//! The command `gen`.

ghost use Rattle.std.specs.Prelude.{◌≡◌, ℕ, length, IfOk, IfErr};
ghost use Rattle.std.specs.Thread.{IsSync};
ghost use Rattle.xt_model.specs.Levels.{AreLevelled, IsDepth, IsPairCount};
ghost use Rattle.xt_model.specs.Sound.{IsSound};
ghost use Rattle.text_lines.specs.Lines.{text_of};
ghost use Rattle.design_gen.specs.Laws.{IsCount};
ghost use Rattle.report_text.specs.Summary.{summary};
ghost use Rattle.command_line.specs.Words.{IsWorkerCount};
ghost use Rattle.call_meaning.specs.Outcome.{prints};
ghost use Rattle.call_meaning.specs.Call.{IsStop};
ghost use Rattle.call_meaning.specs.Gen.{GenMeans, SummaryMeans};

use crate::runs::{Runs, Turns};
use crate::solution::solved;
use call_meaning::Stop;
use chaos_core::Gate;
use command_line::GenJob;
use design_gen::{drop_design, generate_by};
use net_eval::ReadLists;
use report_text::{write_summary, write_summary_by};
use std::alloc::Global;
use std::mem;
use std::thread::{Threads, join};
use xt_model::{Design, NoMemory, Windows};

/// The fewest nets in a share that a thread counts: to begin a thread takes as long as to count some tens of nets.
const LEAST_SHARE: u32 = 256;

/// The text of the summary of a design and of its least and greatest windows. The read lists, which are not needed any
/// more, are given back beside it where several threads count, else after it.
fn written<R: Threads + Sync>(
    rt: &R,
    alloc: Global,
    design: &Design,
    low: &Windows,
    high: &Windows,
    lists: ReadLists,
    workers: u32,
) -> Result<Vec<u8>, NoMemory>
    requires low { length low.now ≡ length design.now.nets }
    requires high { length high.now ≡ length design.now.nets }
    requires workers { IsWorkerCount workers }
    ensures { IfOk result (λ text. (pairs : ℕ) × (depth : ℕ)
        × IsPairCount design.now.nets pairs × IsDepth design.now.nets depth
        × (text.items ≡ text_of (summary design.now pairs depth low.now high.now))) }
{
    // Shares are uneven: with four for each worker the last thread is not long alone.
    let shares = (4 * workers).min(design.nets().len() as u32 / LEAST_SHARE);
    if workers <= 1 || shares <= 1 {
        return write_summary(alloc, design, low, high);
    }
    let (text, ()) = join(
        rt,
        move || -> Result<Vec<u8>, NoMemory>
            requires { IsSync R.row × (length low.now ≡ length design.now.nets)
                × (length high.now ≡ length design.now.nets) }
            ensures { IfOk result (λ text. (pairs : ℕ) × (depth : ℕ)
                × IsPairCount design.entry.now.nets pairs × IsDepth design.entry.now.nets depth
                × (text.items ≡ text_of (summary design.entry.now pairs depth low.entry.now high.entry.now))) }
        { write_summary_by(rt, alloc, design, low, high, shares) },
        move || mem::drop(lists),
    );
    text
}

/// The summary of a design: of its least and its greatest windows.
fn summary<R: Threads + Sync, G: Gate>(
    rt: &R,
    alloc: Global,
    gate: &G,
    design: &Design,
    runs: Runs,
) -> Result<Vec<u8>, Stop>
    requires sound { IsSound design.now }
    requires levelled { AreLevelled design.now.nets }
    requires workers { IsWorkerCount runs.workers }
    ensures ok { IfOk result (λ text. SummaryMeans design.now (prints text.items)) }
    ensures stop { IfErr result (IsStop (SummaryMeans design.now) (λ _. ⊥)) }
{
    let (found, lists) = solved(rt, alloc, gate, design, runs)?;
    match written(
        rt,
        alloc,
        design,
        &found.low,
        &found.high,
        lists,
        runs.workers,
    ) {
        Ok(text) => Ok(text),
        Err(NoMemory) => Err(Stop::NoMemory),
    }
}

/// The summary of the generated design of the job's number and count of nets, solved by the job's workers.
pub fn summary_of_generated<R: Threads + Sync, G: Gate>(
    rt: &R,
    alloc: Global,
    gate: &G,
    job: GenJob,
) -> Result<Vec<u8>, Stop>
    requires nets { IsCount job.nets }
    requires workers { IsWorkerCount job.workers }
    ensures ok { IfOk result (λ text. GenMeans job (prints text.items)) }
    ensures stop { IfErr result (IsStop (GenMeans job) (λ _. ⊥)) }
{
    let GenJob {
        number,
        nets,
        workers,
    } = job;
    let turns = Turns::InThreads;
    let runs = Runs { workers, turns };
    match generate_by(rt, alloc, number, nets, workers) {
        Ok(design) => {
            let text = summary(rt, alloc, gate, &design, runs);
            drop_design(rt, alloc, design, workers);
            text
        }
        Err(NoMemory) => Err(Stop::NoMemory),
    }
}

---

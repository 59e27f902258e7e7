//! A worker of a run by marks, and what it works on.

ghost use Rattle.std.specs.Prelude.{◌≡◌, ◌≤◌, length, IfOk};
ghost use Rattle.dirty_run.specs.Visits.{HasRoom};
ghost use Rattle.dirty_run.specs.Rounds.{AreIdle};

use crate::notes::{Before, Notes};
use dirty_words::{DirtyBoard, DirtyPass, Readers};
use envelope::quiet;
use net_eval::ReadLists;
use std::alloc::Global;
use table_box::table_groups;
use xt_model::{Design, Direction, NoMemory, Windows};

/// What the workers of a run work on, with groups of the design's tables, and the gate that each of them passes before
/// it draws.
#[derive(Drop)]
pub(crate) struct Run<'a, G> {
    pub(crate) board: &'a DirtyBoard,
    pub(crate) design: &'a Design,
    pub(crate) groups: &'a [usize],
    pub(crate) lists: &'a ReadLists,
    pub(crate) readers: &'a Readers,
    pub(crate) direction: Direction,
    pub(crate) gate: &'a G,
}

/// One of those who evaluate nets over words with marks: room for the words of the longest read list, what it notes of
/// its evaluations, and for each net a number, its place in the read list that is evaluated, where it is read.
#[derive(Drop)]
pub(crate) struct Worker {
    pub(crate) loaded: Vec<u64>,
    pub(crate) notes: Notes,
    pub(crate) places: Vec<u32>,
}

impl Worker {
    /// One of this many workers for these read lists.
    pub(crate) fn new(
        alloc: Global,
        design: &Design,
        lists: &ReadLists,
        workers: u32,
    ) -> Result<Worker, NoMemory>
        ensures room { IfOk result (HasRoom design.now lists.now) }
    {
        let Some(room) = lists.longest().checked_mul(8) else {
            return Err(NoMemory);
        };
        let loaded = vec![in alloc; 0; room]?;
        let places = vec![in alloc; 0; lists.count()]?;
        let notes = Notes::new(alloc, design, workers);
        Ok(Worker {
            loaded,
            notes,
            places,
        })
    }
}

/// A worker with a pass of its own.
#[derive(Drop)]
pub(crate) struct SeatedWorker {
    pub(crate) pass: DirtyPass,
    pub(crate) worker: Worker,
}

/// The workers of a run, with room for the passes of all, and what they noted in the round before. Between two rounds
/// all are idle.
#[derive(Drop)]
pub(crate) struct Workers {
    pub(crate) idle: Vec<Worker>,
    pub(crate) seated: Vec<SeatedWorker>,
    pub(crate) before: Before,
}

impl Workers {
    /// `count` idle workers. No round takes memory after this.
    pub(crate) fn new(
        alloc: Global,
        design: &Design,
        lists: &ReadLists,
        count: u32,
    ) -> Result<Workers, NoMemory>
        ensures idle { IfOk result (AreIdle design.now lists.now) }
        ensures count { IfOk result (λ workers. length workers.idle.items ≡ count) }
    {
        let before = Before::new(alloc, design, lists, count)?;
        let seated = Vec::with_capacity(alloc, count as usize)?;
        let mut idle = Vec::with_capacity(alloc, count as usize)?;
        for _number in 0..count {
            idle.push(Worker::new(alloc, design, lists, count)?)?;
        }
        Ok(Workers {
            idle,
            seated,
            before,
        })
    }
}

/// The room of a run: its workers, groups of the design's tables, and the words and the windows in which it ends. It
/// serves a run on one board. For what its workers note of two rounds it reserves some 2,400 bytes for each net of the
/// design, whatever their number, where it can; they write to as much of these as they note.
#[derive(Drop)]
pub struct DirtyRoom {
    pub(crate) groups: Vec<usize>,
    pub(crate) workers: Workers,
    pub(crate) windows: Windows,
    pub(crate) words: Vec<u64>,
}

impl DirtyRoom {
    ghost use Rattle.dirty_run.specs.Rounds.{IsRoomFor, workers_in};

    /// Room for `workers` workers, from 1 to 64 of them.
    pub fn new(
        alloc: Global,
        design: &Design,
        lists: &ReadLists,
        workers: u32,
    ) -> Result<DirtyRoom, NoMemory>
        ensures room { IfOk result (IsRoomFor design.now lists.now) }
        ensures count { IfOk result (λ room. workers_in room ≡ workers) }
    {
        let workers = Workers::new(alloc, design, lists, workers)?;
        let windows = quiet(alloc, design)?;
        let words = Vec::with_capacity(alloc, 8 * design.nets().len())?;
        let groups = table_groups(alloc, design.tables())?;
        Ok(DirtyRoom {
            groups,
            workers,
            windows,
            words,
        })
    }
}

Task to complete:
Find and show each line of the listing with the word "runs".

Exercise solution:
use crate::runs::{Runs, Turns};
    runs: Runs,
    requires workers { IsWorkerCount runs.workers }
    let (found, lists) = solved(rt, alloc, gate, design, runs)?;
        runs.workers,
    let runs = Runs { workers, turns };
            let text = summary(rt, alloc, gate, &design, runs);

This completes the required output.